The helper accepts either the outer epoch_<E>_step_<S> directory or the inner model/ directory. If you point at the inner model/ and the speculative_token_map.pt is missing, the helper will look one directory up for eagle3_meta.pt and regenerate the token map from it.

Launch the server#

Use the helper module to start an SGLang HTTP server with the trained drafter:

python -m nemo_automodel.components.speculative.serve_sglang \
    --target meta-llama/Llama-3.1-8B-Instruct \
    --draft ./checkpoints/epoch_0_step_1000 \
    --algorithm EAGLE3 \
    --num-steps 3 --topk 1 --num-draft-tokens 4 \
    --port 30000

Add --print-only to inspect the resolved sglang.launch_server command without executing it. In that mode the helper skips the checkpoint export step entirely — the printed --speculative-draft-model-path reflects the path that would be produced on a real launch. Pass any extra SGLang flags after a -- separator, e.g.:

python -m nemo_automodel.components.speculative.serve_sglang \
    --target meta-llama/Llama-3.1-8B-Instruct \
    --draft ./checkpoints/epoch_0_step_1000 \
    -- --enable-torch-compile --schedule-conservativeness 1.2

Smoke-test the server#

curl http://localhost:30000/generate \
    -H "Content-Type: application/json" \
    -d '{"text": "Hello, my name is", "sampling_params": {"max_new_tokens": 64}}'

The acceptance length (and the resulting tokens/sec speedup) depends on --num-steps, --topk, and --num-draft-tokens. Sweep them via benchmarks/ in SpecForge or the SGLang bench suite to find the best configuration for your workload.

Notes & caveats#

  • dtype must match training. Pass --dtype bfloat16 if you trained the drafter in bf16. Mixed precision between target and drafter degrades acceptance.

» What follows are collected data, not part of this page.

//! A row for each jump, and one for each label.
ghost use Rattle.std.specs.Prelude.{◌≡◌, ◌<◌, ◌≤◌, ◌+◌, ℕ, List, IfOk, OnOk, Some, length, unwrap_or, get_or, false, replicate};
ghost use Rattle.label_uses.specs.Heads.{AreHeads};
ghost use Rattle.label_uses.specs.Labels.{is_label, is_jump, IsLabel, IsJump};
ghost use Rattle.label_uses.specs.Parents.{at, IsTree};
ghost use Rattle.label_uses.specs.Tables.{found};
ghost use Rattle.label_uses.specs.Rows.{Appends, AreGathered, HasName, IsJumpRow, IsLabelRow, Sets, Marks, AreUsed};

use crate::answer::{Jump, Label};
use crate::functions::at;
use crate::heads::{Headed, end_of};
use crate::names::{jump_name, label_name};
use crate::table::find;
use go_tree::FileTree;
use gv_base::NoMemory;
use std::alloc::Global;
use std::collections::HashMap;

/// Adds the node, if it is the name of a jump.
fn push_jump(
    bytes: &[u8],
    tree: &FileTree,
    heads: &Headed,
    functions: &[usize],
    table: &HashMap<(usize, &[u8]), usize>,
    n: usize,
    jumps: &mut Vec<Jump>,
) -> Result<(), NoMemory>
    requires heads { AreHeads is_jump tree.now.nodes (length tree.now.nodes) heads.now }
    requires n { n < length tree.now.nodes }
    ensures { OnOk result (Appends (λ (j : Jump). (j.name ≡ n) × IsJumpRow (IsJump bytes.now tree.now) (at functions.now) (found table.now) j) (HasName (IsJump bytes.now tree.now n) → ⊥) jumps.old.items jumps.new.items) }
{
    match jump_name(bytes, tree, heads, n) {
        Some(name) => {
            let label = find(table, at(functions, n), name);
            jumps.push(Jump { name: n, label })?;
            Ok(())
        }
        None => Ok(()),
    }
}

/// The jumps of a file, each with the label that it denotes.
pub(crate) fn jumps_of(
    alloc: Global,
    bytes: &[u8],
    tree: &FileTree,
    heads: &Headed,
    functions: &[usize],
    table: &HashMap<(usize, &[u8]), usize>,
) -> Result<Vec<Jump>, NoMemory>
    requires tree { IsTree tree.now.nodes }
    requires heads { AreHeads is_jump tree.now.nodes (length tree.now.nodes) heads.now }
    ensures { IfOk result (λ jumps. AreGathered (λ (j : Jump). j.name) (IsJumpRow (IsJump bytes.now tree.now) (at functions.now) (found table.now)) (λ n. HasName (IsJump bytes.now tree.now n)) (length tree.now.nodes) jumps.items) }
{
    let mut jumps = Vec::new(alloc);
    let end = end_of(heads);
    for n in heads.low..end {
        push_jump(bytes, tree, heads, functions, table, n, &mut jumps)?;
    }
    Ok(jumps)
}

pub(crate) fn set(flags: &mut Vec<bool>, n: usize)
    ensures { Sets flags.old.items flags.new.items n }
{
    if n < flags.as_slice().len() {
        flags[n] = true;
    }
}

/// Sets the flag of a label, if there is one.
fn mark(flags: &mut Vec<bool>, label: Option<usize>)
    ensures { Marks label flags.old.items flags.new.items }
{
    match label {
        Some(label) => set(flags, label),
        None => {}
    }
}

pub(crate) fn all_false(alloc: Global, count: usize) -> Result<Vec<bool>, NoMemory>
    ensures { IfOk result (λ flags. flags.items ≡ replicate count false) }
{
    let flags = vec![in alloc; false; count]?;
    Ok(flags)
}

/// Which of so many nodes a jump denotes.
pub(crate) fn used_of(alloc: Global, jumps: &[Jump], count: usize) -> Result<Vec<bool>, NoMemory>
    ensures { IfOk result (λ used. AreUsed jumps.now (length jumps.now) count used.items) }
{
    let mut used = all_false(alloc, count)?;
    for jump in jumps {
        mark(&mut used, jump.label);
    }
    Ok(used)
}

fn flag(flags: &[bool], n: usize) -> bool
    ensures { result ≡ get_or flags.now n false }
{
    if n < flags.len() { flags[n] } else { false }
}

fn or_itself(label: Option<usize>, n: usize) -> usize
    ensures { result ≡ unwrap_or label n }
{
    match label {
        Some(label) => label,
        None => n,
    }
}

/// Adds the node, if it is a label.
fn push_label(
    bytes: &[u8],
    tree: &FileTree,
    heads: &Headed,
    functions: &[usize],
    table: &HashMap<(usize, &[u8]), usize>,
    used: &[bool],
    n: usize,
    labels: &mut Vec<Label>,
) -> Result<(), NoMemory>
    requires heads { AreHeads is_label tree.now.nodes (length tree.now.nodes) heads.now }
    requires n { n < length tree.now.nodes }
    ensures { OnOk result (Appends (λ (l : Label). (l.name ≡ n) × IsLabelRow (IsLabel bytes.now tree.now) (at functions.now) (found table.now) used.now l) (HasName (IsLabel bytes.now tree.now n) → ⊥) labels.old.items labels.new.items) }
{
    match label_name(bytes, tree, heads, n) {
        Some(name) => {
            let first = or_itself(find(table, at(functions, n), name), n);
            let used = flag(used, n);
            labels.push(Label {
                name: n,
                first,
                used,
            })?;
            Ok(())
        }
        None => Ok(()),
    }
}

/// The labels of a file.
pub(crate) fn labels_of(
    alloc: Global,
    bytes: &[u8],
    tree: &FileTree,
    heads: &Headed,
    functions: &[usize],
    table: &HashMap<(usize, &[u8]), usize>,
    used: &[bool],
) -> Result<Vec<Label>, NoMemory>
    requires tree { IsTree tree.now.nodes }
    requires heads { AreHeads is_label tree.now.nodes (length tree.now.nodes) heads.now }
    ensures { IfOk result (λ labels. AreGathered (λ (l : Label). l.name) (IsLabelRow (IsLabel bytes.now tree.now) (at functions.now) (found table.now) used.now) (λ n. HasName (IsLabel bytes.now tree.now n)) (length tree.now.nodes) labels.items) }
{
    let mut labels = Vec::new(alloc);
    let end = end_of(heads);
    for n in heads.low..end {
        push_label(bytes, tree, heads, functions, table, used, n, &mut labels)?;
    }
    Ok(labels)
}
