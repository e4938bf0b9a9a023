//! Whether a file has a label, or a jump to one. Most have neither.
ghost use Rattle.std.specs.Prelude.{◌≡◌, ◌↔◌, ℕ, true};
ghost use Rattle.label_uses.specs.Plain.{names_label, NamesAt};

use crate::heads::{is_jump, is_label};
use go_tree::Node;

/// Whether a node is a label, or a jump with a name behind it.
fn names_label(node: &Node) -> bool
    ensures { result ≡ names_label node.now }
{
    if is_label(node.kind) || is_jump(node.kind) {
        return node.parts.as_slice().first().is_some();
    }
    false
}

/// Whether one of the nodes is.
pub(crate) fn names_some(nodes: &[Node]) -> bool
    ensures { (result ≡ true) ↔ ((p : ℕ) × NamesAt nodes.now p) }
{
    for p in 0..nodes.len() {
        if names_label(&nodes[p]) {
            return true;
        }
    }
    false
}
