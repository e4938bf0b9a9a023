//! What follows from the definitions alone.
ghost use Rattle.std.specs.Prelude.{◌≡◌, ℕ, List};
ghost use Rattle.go_tree.specs.declared.tree.FileTree.{FileTree};
ghost use Rattle.label_uses.specs.Labels.{DenotesLabel};

/// A jump denotes at most one label.
pub fn one_label()
    ensures { (bytes : List ℕ) → (tree : FileTree) → (jump a b : ℕ) → DenotesLabel bytes tree jump a → DenotesLabel bytes tree jump b → a ≡ b }
{}
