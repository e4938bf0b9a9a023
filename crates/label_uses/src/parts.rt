//! A number for the parts of a node.
ghost use Rattle.std.specs.Prelude.{◌≡◌, ◌<◌, ◌≤◌, [], ◌∷◌, IfOk, length, replicate};
ghost use Rattle.label_uses.specs.Parents.{AreGiven};

use gv_base::NoMemory;
use std::alloc::Global;

fn count_of(numbers: &Vec<usize>) -> usize
    ensures { result ≡ length numbers.now.items }
{
    numbers.as_slice().len()
}

fn put(numbers: &mut Vec<usize>, at: usize, number: usize)
    ensures { AreGiven (at ∷ []) number numbers.old.items numbers.new.items }
{
    if at < count_of(numbers) {
        numbers[at] = number;
    }
}

/// Gives the parts a number.
pub(crate) fn give(numbers: &mut Vec<usize>, parts: &[u32], number: usize)
    ensures { AreGiven parts.now number numbers.old.items numbers.new.items }
{
    for part in parts {
        put(numbers, *part as usize, number);
    }
}

/// As many numbers of the same value.
pub(crate) fn all_same(alloc: Global, count: usize, number: usize) -> Result<Vec<usize>, NoMemory>
    ensures { IfOk result (λ numbers. numbers.items ≡ replicate count number) }
{
    let numbers = vec![in alloc; number; count]?;
    Ok(numbers)
}
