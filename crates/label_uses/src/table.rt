//! The first label of each name in each function.
ghost use Rattle.std.specs.Prelude.{◌≡◌, ◌<◌, ◌&&◌, ℕ, List, IfOk, OnOk, Some, length, if◌then◌else◌, bytes_eq, nat_eq, unwrap_or};
ghost use Rattle.label_uses.specs.Heads.{AreHeads};
ghost use Rattle.label_uses.specs.Labels.{is_label, IsLabel};
ghost use Rattle.label_uses.specs.Parents.{at, IsTree};
ghost use Rattle.label_uses.specs.Tables.{found, Adds, AreFirst};

use crate::functions::at;
use crate::heads::{Headed, end_of};
use crate::names::label_name;
use go_tree::FileTree;
use gv_base::NoMemory;
use std::alloc::Global;
use std::collections::HashMap;

/// The label that is kept for a function and a name.
pub(crate) fn find(
    table: &HashMap<(usize, &[u8]), usize>,
    function: usize,
    name: &[u8],
) -> Option<usize>
    ensures { result ≡ found table.now function name.now }
{
    table.get(&(function, name)).copied()
}

fn keep<'a>(
    table: &mut HashMap<(usize, &'a [u8]), usize>,
    function: usize,
    name: &'a [u8],
    n: usize,
) -> Result<(), NoMemory>
    ensures { OnOk result ((f : ℕ) → (q : List ℕ) → found table.new f q ≡ (if nat_eq function f && bytes_eq name.now q then Some n else found table.old f q)) }
{
    table.insert((function, name), n)?;
    Ok(())
}

/// Keeps a label for a function and a name, where none is kept.
fn keep_first<'a>(
    table: &mut HashMap<(usize, &'a [u8]), usize>,
    function: usize,
    name: &'a [u8],
    n: usize,
) -> Result<(), NoMemory>
    ensures { OnOk result ((f : ℕ) → (q : List ℕ) → found table.new f q ≡ (if nat_eq function f && bytes_eq name.now q then Some (unwrap_or (found table.old f q) n) else found table.old f q)) }
{
    match find(table, function, name) {
        Some(_) => Ok(()),
        None => {
            keep(table, function, name, n)?;
            Ok(())
        }
    }
}

/// Keeps a node, if it is a label and the first of its name in its function.
fn add<'a>(
    bytes: &'a [u8],
    tree: &FileTree,
    heads: &Headed,
    functions: &[usize],
    table: &mut HashMap<(usize, &'a [u8]), usize>,
    n: usize,
) -> Result<(), NoMemory>
    requires heads { AreHeads is_label tree.now.nodes (length tree.now.nodes) heads.now }
    requires n { n < length tree.now.nodes }
    ensures { OnOk result (Adds (IsLabel bytes.now tree.now) (at functions.now) n (found table.old) (found table.new)) }
{
    match label_name(bytes, tree, heads, n) {
        Some(name) => {
            keep_first(table, at(functions, n), name, n)?;
            Ok(())
        }
        None => Ok(()),
    }
}

pub(crate) fn count_nodes(tree: &FileTree) -> usize
    ensures { result ≡ length tree.now.nodes }
{
    tree.nodes.as_slice().len()
}

/// The first label of each name in each function.
pub(crate) fn first_labels<'a>(
    alloc: Global,
    bytes: &'a [u8],
    tree: &FileTree,
    heads: &Headed,
    functions: &[usize],
) -> Result<HashMap<(usize, &'a [u8]), usize>, NoMemory>
    requires tree { IsTree tree.now.nodes }
    requires heads { AreHeads is_label tree.now.nodes (length tree.now.nodes) heads.now }
    ensures { IfOk result (λ table. AreFirst (IsLabel bytes.now tree.now) (at functions.now) (length tree.now.nodes) (found table)) }
{
    let mut table = HashMap::new(alloc);
    let end = end_of(heads);
    for n in heads.low..end {
        add(bytes, tree, heads, functions, &mut table, n)?;
    }
    Ok(table)
}
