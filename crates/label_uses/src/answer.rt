//! Labels and jumps.

/// A label, by the node of its name.
#[derive(Clone, Copy, Debug, PartialEq, Eq, Drop)]
pub struct Label {
    pub name: usize,
    /// The first label of its name in its function: itself, or one before it, and then it is repeated.
    pub first: usize,
    /// Whether a jump denotes it. Jumps denote the first of a name, so that a repeated label isn't used.
    pub used: bool,
}

/// A jump to a label, by the node of the name behind `break`, `continue` or `goto`.
#[derive(Clone, Copy, Debug, PartialEq, Eq, Drop)]
pub struct Jump {
    pub name: usize,
    /// The node of the label's name: none where its function has no such label.
    pub label: Option<usize>,
}

/// The labels and the jumps of a file, each in order.
#[derive(Drop)]
pub struct Labels {
    pub labels: Vec<Label>,
    pub jumps: Vec<Jump>,
}
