//! Which label each jump of a file denotes.
ghost use Rattle.std.specs.Prelude.{◌≡◌, [], IfOk, length};
ghost use Rattle.go_tree.specs.Pieces.{Spelled};
ghost use Rattle.label_uses.specs.Heads.{AreHeads};
ghost use Rattle.label_uses.specs.Labels.{is_label, is_jump};
ghost use Rattle.label_uses.specs.Read.{AreLabels};

use crate::answer::Labels;
use crate::functions::functions_of;
use crate::heads::{Headed, jump_heads, label_heads};
use crate::plain::names_some;
use crate::rows::{jumps_of, labels_of, used_of};
use crate::table::{count_nodes, first_labels};
use go_tree::FileTree;
use gv_base::NoMemory;
use std::alloc::Global;

fn no_labels(alloc: Global) -> Labels
    ensures labels { result.labels.items ≡ [] }
    ensures jumps { result.jumps.items ≡ [] }
{
    Labels {
        labels: Vec::new(alloc),
        jumps: Vec::new(alloc),
    }
}

/// The labels of a file and its jumps to labels, by the names of its labels, and those behind its jumps.
fn labels_by(
    alloc: Global,
    tree: &FileTree,
    bytes: &[u8],
    named: &Headed,
    jumping: &Headed,
) -> Result<Labels, NoMemory>
    requires spelled { Spelled tree.now.tokens bytes.now tree.now }
    requires named { AreHeads is_label tree.now.nodes (length tree.now.nodes) named.now }
    requires jumping { AreHeads is_jump tree.now.nodes (length tree.now.nodes) jumping.now }
    ensures { IfOk result (λ r. AreLabels bytes.now tree.now r) }
{
    let functions = functions_of(alloc, tree.nodes.as_slice())?;
    let table = first_labels(alloc, bytes, tree, named, &functions)?;
    let jumps = jumps_of(alloc, bytes, tree, jumping, &functions, &table)?;
    let used = used_of(alloc, &jumps, count_nodes(tree))?;
    let labels = labels_of(alloc, bytes, tree, named, &functions, &table, &used)?;
    Ok(Labels { labels, jumps })
}

fn named_in(alloc: Global, tree: &FileTree) -> Result<Headed, NoMemory>
    ensures { IfOk result (AreHeads is_label tree.now.nodes (length tree.now.nodes)) }
{
    let heads = label_heads(alloc, tree.nodes.as_slice())?;
    Ok(heads)
}

fn jumping_in(alloc: Global, tree: &FileTree) -> Result<Headed, NoMemory>
    ensures { IfOk result (AreHeads is_jump tree.now.nodes (length tree.now.nodes)) }
{
    let heads = jump_heads(alloc, tree.nodes.as_slice())?;
    Ok(heads)
}

fn some_labels(alloc: Global, tree: &FileTree, bytes: &[u8]) -> Result<Labels, NoMemory>
    requires { Spelled tree.now.tokens bytes.now tree.now }
    ensures { IfOk result (λ r. AreLabels bytes.now tree.now r) }
{
    let named = named_in(alloc, tree)?;
    let jumping = jumping_in(alloc, tree)?;
    let found = labels_by(alloc, tree, bytes, &named, &jumping)?;
    Ok(found)
}

/// The labels of a file and its jumps to labels, each jump with the label that it denotes.
pub fn labels(alloc: Global, tree: &FileTree, bytes: &[u8]) -> Result<Labels, NoMemory>
    requires { Spelled tree.now.tokens bytes.now tree.now }
    ensures { IfOk result (λ r. AreLabels bytes.now tree.now r) }
{
    if !names_some(tree.nodes.as_slice()) {
        return Ok(no_labels(alloc));
    }
    let found = some_labels(alloc, tree, bytes)?;
    Ok(found)
}
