//! Which nodes are names of labels, and which are names behind `break`, `continue` and `goto`.
ghost use Rattle.std.specs.Prelude.{◌≡◌, ◌<◌, ◌↔◌, true, length, option_map, bytes_eq, codes};
ghost use Rattle.label_uses.specs.Heads.{AreHeads};
ghost use Rattle.label_uses.specs.Labels.{is_label, is_jump, Heads, IsLabel, IsJump};
ghost use Rattle.label_uses.specs.Names.{IsNameOf, unless_blank};

use crate::heads::{Headed, is_headed};
use file_uses::name_at;
use go_tree::{FileTree, Node};

fn is_label_name(nodes: &[Node], heads: &Headed, n: usize) -> bool
    requires heads { AreHeads is_label nodes.now (length nodes.now) heads.now }
    requires n { n < length nodes.now }
    ensures { (result ≡ true) ↔ Heads is_label nodes.now n }
{
    let _ = nodes;
    is_headed(heads, n)
}

fn is_jump_name(nodes: &[Node], heads: &Headed, n: usize) -> bool
    requires heads { AreHeads is_jump nodes.now (length nodes.now) heads.now }
    requires n { n < length nodes.now }
    ensures { (result ≡ true) ↔ Heads is_jump nodes.now n }
{
    let _ = nodes;
    is_headed(heads, n)
}

fn is_blank(name: &[u8]) -> bool
    ensures { result ≡ bytes_eq name.now (codes "_") }
{
    name == b"_".as_slice()
}

fn unless_blank(name: Option<&[u8]>) -> Option<&[u8]>
    ensures { option_map (λ o. o.now) result ≡ unless_blank (option_map (λ o. o.now) name.entry) }
{
    match name {
        Some(name) => {
            if is_blank(name) {
                return None;
            }
            Some(name)
        }
        None => None,
    }
}

/// The name of a label, if the node is one.
pub(crate) fn label_name<'a>(
    bytes: &'a [u8],
    tree: &FileTree,
    heads: &Headed,
    n: usize,
) -> Option<&'a [u8]>
    requires heads { AreHeads is_label tree.now.nodes (length tree.now.nodes) heads.now }
    requires n { n < length tree.now.nodes }
    ensures { IsNameOf (IsLabel bytes.now tree.now n) (option_map (λ o. o.now) result) }
{
    if !is_label_name(tree.nodes.as_slice(), heads, n) {
        return None;
    }
    unless_blank(name_at(bytes, tree, n))
}

/// The name behind `break`, `continue` or `goto`, if the node is one.
pub(crate) fn jump_name<'a>(
    bytes: &'a [u8],
    tree: &FileTree,
    heads: &Headed,
    n: usize,
) -> Option<&'a [u8]>
    requires heads { AreHeads is_jump tree.now.nodes (length tree.now.nodes) heads.now }
    requires n { n < length tree.now.nodes }
    ensures { IsNameOf (IsJump bytes.now tree.now n) (option_map (λ o. o.now) result) }
{
    if !is_jump_name(tree.nodes.as_slice(), heads, n) {
        return None;
    }
    name_at(bytes, tree, n)
}
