//! Which label each jump of a file denotes.
#![tactic(auto)]

mod answer;
mod functions;
mod heads;
mod laws;
mod names;
mod parts;
mod plain;
mod read;
mod rows;
mod table;

pub use answer::{Jump, Label, Labels};
pub use laws::one_label;
pub use read::labels;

  • EAGLE vs EAGLE3. Use --algorithm EAGLE3 for drafters trained with train_eagle3.py; use EAGLE for drafters trained with train_eagle1.py or train_eagle2.py.

  • Tensor parallelism. --tp-size controls SGLang’s TP. The drafter itself is a single-layer transformer so TP only meaningfully shards the target model.

  • Custom target architectures. Pass --trust-remote-code if the target model relies on auto_map entries in its config.